Stored items:

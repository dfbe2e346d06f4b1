// The samples of an octant, measured by their next words. Nothing is trusted: a code is brought into range.
ghost use Rattle.std.specs.Prelude.{◌<◌, ◌≡◌, length, min};
ghost use Rattle.model.specs.Layout.{current, sample_rows};
ghost use Rattle.words.specs.Rows.{octant_limit};
ghost use Rattle.traversal.specs.Search.{own_search};
ghost use Rattle.traversal.specs.Steps.{SearchReady};
ghost use Rattle.nearest.specs.Best.{rank_of, bests};
ghost use Rattle.nearest.specs.Steps.{search_in, search_after};

use crate::best::Search;
use colour::distance::squared;
use colour::{Probe, wrapped};
use traversal::rows::own_rows;
use words::layout::colour as colour_of;
use words::tables::Tables;

// The rank of the sample in a row: by how far, and then by row.
fn rank(samples: &[u32], p: Probe, row: usize) -> u64
    requires { row < sample_rows current (length samples.now) }
    ensures { result ≡ rank_of samples.now p row }
{
    squared(p, wrapped(colour_of(samples, row))) * 4096 + (row as u64)
}

// The lesser of two ranks. (It compares them itself, where `min` would do, so that an edit can leave the row out.)
fn lesser(a: u64, b: u64) -> u64
    ensures { result ≡ min a b }
{
    if a < b { a } else { b }
}

// An entered octant's own samples: the least rank needs no branch. (It starts at the greatest number, so that the first sample is no case of its own. `SearchReady` is of
// tables and search, and so is a field of neither.)
pub fn own(tables: &Tables<'_>, p: Probe, octant: u32, search: &mut Search)
    requires ready { SearchReady tables.now.samples.now tables.now.octants.now (search_in search.old) }
    requires octant_bound { octant < octant_limit current tables.now.octants.now }
    ensures { search.new
        ≡ search_after (own_search (bests tables.now.samples.now p) tables.now.samples.now tables.now.octants.now octant)
        search.old }
{
    let mut seen: u32 = 0;
    let mut best = u64::MAX;
    for row in own_rows(tables, octant, search.visited as u32) {
        seen += 1;
        let found = rank(tables.samples, p, row);
        best = lesser(best, found);
    }
    search.take(octant, best, seen);
}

**EXERCISE OBJECTIVE:** Could you copy every line from the records that has "octants" in it?

**WRITTEN RESPONSE:**
    requires ready { SearchReady tables.now.samples.now tables.now.octants.now (search_in search.old) }
    requires octant_bound { octant < octant_limit current tables.now.octants.now }
        ≡ search_after (own_search (bests tables.now.samples.now p) tables.now.samples.now tables.now.octants.now octant)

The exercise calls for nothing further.